Donna skipped her senior year, moving to Los Angeles. There Doug Tripp saw her and four weeks later asked her to marry him. Donna had to go back to school in Minnesota, having a contract with a studio. Doug went to Minneapolis over Christmas and when Donna graduated the pair got married.

Donna danced ballet professionally. She also had 299 pupils in her classes at MacPhail.

Donna began going to workshops in Los Angeles and collecting dance notes. She received a scholarship to the Stockton Folk Dance Camp. In 1961, Donna began teaching international dance at Long Beach Jewish Community Center, which she continued until 1985.

In 1963, the couple joined the Gandy Dancers. They stayed with the Gandys until the mid-1970s. In 1970, Donna joined the Hungarian performing group, Betyárok, meeting with Elsie Dunin at UCLA's dance studio. The same year, the couple were introduced to Scandinavian dance during the San Diego State University Folk Dance Conference and they began attending a Scandinavian class in Santa Monica.

Donna found a job as a teller, vault teller, and then in business analysis with the Bank of America, where she stayed 27 years, retiring in July of 1994.

Doug accompanied Donna to Scandinavian dance weekends at valley of the Moon in Northern California in 1976 and other locations in 1977, 1978, and 1979.

When Nancy Linscott, who'd put on the Valley of the Moon weekend, proposed a longer, full-week camp at Mendocino in 1980, Donna said "Yes!" The camp was very successfull and Donna returned most years.

In 1984, they were asked to put on a Scandinavian performance during the Laguna Festival's Saturday night Valentine's Party. With nine couples, they cooreographed a suite which was well received. Wanting to continue, they formed the Scandia Dancers which was invited to perform for the Folk Music Week in Al, Hallingdal, Norway from May 27 through June l, 2002, along with Mikkel Thompson's Leikarring group from the San Francisco Bay area. During the six-day event, Scandia performed along with 325 other dancers from Moldavia, Estonia, and Finland (the Finns wanted to know why Donna's group performed Finnish dance). In actuality, Scandia had one Finnish suite, one Karelian suite, and two mixed suites of Swedish, Norwegian, and Danish. Scandia is a group of older, accomplished dancers and performers (originally 18 couples). Donna says that her co-director, Stefanie Holzman, should get most of the credit because she wrote the grant requests (sending six-years worth of performance videos of Donna's arrangements and choreographies) and rehearsed the group.

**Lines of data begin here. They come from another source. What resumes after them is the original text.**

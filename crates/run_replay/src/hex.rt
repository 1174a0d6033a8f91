// Bytes in hexadecimal, lowest first, two digits each.
ghost use Rattle.std.specs.Prelude.{◌≤◌, ◌<◌};

// A digit's value; 0 for another byte.
fn digit(b: u8) -> u8
    ensures { result < 16 }
{
    match b {
        b'0'..=b'9' => b - b'0',
        b'a'..=b'f' => b - b'a' + 10,
        _ => 0,
    }
}

// Byte `k`; 0 past the last.
fn byte(s: &[u8], k: usize) -> u8 {
    if s.len() / 2 <= k {
        return 0;
    }
    16 * digit(s[2 * k]) + digit(s[2 * k + 1])
}

// The bytes from byte `k` on.
pub fn bytes<const N: usize>(s: &[u8], k: usize) -> [u8; N]
    requires { k ≤ 16777216 }
{
    let mut out = [0; N];
    for (i, b) in out.iter_mut().enumerate() {
        *b = byte(s, k + i);
    }
    out
}
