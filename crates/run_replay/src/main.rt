// Replays the recorded runs: runs each block from its start with its answers and prints how many traces and refusals are the recorded ones.
#![tactic(auto)]

mod hex; // hex.rt: bytes in hexadecimal
mod words; // words.rt: a case's texts as input and as words
mod cases; // cases.rt: one case, run and compared

use input::fill;
use sections::Sections;
use sections::tally::{Tally, room};
use std::io;

// The runs of a list: each section that is no block, start or answers is what is recorded of the run of those above it.
fn replay(list: &[u8], answers: &mut [u64], trace: &mut [u64], row: &mut [u64]) -> Tally {
    let mut tally = Tally::NONE;
    let mut block: &[u8] = &[];
    let mut start: &[u8] = &[];
    let mut given: &[u8] = &[];
    for s in Sections(list) {
        match s.name {
            b'b' => block = s.bytes,
            b's' => start = s.bytes,
            b'a' => given = s.bytes,
            _ => {
                let same = cases::agrees(block, start, given, s.bytes, answers, trace, row);
                tally = tally.with(same);
            }
        }
    }
    tally
}

fn main(rt: HostRuntime) -> io::Result<()> {
    let mut list = room();
    // the answers to 129 loads, and two traces
    let mut answers = [0u64; 258];
    let mut trace = [0u64; 29900];
    let mut row = [0u64; 29900];
    let n = fill(&mut rt.stdin(), &mut list)?;
    let tally = replay(&list[..n], &mut answers, &mut trace, &mut row);
    tally.show(&rt, b"runs: answers ")
}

Years of ballet and folk dance have taken their toll on Donna's hip joints. She had her right hip replaced in 1993. In February of 2001, she had her left hip replaced but she was dancing and teaching again by the fall.

Although busy with dance, Donna does not shirk her community duties. She and her husband, Doug, are members of the Rotary Club of Brea, California. They have two children, Philip and Louise.

Dances Donna has taught include Barjače, De-a Lungul, Hora pe Gheaţa I, Hora pe Gheaţa II, Paiduşca, Potrkan Ples, Reinlendar, Somogyi Karikázó, Srečna Ljubov, Szatmári Körcsárdás, and Szegény Csárdás.